§ **REQUIRED WORK**
The answer must be a single number: how many lines below contain "NoDay".

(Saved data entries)
:::

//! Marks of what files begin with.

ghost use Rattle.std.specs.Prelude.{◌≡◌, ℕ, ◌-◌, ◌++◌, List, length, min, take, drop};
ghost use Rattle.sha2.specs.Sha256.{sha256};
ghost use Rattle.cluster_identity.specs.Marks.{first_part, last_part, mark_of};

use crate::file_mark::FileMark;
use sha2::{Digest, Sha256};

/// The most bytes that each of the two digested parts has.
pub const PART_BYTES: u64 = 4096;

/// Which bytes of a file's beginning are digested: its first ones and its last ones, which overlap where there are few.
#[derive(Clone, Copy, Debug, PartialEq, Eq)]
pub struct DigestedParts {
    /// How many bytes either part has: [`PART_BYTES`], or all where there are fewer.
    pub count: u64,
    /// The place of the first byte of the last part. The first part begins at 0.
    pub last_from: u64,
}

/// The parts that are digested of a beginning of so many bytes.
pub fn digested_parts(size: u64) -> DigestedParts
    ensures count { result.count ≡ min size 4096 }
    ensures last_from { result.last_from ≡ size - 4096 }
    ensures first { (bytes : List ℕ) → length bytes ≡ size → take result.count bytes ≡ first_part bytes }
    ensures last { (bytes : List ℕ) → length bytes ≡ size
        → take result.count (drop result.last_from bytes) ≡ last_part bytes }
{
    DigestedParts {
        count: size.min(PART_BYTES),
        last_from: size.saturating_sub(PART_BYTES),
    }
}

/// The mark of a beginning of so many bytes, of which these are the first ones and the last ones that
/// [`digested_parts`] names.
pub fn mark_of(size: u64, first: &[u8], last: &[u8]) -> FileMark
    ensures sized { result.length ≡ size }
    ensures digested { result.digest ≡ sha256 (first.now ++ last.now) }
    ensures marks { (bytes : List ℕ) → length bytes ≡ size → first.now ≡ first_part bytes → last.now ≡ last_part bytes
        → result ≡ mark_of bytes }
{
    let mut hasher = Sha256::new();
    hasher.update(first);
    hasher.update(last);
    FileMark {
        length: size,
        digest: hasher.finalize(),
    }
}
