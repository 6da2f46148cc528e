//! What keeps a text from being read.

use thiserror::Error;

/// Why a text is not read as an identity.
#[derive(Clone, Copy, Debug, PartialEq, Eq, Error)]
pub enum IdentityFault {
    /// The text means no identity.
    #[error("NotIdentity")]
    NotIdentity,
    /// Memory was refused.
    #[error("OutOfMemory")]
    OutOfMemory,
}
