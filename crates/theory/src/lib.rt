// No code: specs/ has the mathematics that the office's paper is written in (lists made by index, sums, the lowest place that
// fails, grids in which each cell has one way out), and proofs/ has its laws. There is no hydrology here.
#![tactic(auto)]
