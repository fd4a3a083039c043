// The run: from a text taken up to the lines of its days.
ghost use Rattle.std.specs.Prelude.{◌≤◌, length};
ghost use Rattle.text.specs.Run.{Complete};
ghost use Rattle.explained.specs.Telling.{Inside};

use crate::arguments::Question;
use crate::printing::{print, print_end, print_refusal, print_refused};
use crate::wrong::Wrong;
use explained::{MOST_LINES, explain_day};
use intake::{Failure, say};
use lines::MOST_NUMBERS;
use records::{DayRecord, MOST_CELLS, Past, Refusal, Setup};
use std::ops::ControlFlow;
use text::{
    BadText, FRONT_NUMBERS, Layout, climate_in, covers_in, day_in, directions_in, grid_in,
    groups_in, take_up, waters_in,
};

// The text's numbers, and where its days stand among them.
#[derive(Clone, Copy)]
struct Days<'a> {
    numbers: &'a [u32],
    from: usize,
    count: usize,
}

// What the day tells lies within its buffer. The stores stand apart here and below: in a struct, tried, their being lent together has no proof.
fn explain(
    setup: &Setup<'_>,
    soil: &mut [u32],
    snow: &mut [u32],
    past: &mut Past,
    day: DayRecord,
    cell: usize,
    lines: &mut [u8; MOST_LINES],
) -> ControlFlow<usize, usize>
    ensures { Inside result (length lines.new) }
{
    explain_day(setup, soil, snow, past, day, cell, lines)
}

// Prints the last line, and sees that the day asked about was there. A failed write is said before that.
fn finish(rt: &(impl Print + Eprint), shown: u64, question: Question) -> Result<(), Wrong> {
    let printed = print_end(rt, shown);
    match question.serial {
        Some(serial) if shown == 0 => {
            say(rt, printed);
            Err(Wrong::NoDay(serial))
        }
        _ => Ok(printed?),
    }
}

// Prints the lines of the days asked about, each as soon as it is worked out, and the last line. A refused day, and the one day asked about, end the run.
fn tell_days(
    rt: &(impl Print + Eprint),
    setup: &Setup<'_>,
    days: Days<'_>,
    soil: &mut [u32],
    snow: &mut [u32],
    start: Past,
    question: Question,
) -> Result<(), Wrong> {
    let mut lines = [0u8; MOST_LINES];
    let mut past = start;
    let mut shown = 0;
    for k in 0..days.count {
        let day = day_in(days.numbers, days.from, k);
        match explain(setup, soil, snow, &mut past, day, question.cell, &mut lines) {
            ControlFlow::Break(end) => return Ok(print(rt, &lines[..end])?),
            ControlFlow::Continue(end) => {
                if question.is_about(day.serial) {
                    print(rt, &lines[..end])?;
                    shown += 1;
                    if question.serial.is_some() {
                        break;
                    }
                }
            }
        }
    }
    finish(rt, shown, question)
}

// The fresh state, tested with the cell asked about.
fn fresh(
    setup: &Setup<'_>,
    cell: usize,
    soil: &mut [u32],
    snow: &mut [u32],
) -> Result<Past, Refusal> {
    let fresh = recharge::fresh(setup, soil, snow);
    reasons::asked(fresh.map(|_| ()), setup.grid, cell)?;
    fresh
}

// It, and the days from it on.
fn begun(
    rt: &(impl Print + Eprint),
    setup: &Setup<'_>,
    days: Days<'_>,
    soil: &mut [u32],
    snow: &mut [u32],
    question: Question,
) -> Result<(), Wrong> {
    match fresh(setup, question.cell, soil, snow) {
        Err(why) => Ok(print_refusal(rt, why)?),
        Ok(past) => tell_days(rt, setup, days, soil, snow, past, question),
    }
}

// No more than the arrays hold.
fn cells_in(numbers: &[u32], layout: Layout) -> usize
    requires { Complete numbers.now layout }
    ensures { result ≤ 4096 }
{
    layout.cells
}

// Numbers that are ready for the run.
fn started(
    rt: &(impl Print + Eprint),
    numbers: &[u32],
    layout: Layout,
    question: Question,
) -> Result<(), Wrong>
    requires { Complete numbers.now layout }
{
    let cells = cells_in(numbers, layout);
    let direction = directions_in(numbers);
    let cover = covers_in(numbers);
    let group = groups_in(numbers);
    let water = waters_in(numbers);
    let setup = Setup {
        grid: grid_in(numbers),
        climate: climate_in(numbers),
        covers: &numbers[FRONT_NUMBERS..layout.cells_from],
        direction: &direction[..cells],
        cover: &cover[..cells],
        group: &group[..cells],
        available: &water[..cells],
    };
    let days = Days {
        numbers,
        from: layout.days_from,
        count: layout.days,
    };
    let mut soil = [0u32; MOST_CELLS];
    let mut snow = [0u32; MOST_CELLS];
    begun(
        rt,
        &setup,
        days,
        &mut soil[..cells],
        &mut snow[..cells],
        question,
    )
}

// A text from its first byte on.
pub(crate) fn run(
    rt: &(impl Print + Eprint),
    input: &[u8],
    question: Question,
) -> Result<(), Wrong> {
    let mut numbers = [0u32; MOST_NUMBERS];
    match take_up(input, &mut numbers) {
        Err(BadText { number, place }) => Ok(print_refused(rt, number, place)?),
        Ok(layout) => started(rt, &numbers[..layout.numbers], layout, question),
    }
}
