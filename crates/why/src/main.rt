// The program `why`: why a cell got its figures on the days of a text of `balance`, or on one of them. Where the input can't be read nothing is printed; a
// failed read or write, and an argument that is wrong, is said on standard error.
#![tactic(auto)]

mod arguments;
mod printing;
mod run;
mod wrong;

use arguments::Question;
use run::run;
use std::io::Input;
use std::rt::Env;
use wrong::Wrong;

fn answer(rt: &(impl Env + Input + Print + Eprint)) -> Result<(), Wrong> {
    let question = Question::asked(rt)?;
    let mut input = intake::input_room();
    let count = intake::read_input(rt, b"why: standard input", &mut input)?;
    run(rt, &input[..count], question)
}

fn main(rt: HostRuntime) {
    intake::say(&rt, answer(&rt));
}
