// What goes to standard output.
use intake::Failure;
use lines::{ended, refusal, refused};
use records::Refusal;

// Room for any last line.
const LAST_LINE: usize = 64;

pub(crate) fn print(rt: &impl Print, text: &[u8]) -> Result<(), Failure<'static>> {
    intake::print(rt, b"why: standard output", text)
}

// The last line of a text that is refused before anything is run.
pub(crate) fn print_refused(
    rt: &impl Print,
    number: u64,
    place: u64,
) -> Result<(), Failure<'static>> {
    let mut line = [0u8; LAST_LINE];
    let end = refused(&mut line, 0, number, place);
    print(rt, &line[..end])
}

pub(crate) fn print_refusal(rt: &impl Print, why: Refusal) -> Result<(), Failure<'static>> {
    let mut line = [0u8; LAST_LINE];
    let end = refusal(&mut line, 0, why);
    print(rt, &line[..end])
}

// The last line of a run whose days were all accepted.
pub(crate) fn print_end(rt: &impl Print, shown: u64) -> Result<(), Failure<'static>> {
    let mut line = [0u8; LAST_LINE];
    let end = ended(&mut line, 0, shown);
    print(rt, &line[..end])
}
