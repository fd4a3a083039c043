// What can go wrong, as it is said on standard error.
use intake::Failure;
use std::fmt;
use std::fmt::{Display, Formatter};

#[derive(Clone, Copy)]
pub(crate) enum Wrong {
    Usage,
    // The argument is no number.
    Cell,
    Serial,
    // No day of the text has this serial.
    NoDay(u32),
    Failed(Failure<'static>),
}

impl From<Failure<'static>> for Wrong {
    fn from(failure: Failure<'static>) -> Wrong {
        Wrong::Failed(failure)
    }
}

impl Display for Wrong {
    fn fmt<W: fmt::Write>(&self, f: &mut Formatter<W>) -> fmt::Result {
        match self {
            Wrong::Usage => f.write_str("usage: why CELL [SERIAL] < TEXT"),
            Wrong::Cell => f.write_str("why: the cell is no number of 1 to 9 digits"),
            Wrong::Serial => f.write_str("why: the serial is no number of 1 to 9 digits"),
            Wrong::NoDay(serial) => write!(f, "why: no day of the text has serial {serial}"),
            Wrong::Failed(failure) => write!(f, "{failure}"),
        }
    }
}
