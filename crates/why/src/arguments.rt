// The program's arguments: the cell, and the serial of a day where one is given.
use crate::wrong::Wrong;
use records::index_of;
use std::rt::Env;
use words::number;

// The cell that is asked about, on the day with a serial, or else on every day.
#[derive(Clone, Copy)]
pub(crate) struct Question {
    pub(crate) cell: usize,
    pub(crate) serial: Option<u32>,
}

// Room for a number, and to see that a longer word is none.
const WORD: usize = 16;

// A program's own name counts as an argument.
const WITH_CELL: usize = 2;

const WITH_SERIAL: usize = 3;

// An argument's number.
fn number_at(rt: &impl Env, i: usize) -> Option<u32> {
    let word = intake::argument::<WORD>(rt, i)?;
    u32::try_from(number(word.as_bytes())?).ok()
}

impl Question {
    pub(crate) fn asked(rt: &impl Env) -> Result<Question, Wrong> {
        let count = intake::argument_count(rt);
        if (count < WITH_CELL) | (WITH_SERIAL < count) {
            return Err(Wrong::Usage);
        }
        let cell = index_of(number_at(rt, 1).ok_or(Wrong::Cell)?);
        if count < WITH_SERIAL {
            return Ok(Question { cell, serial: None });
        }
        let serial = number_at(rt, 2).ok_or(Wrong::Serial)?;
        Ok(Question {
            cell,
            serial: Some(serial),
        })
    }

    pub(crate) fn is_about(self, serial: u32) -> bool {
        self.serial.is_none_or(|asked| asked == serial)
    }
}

:::

§ **OUTPUT FOR THIS EXERCISE**
3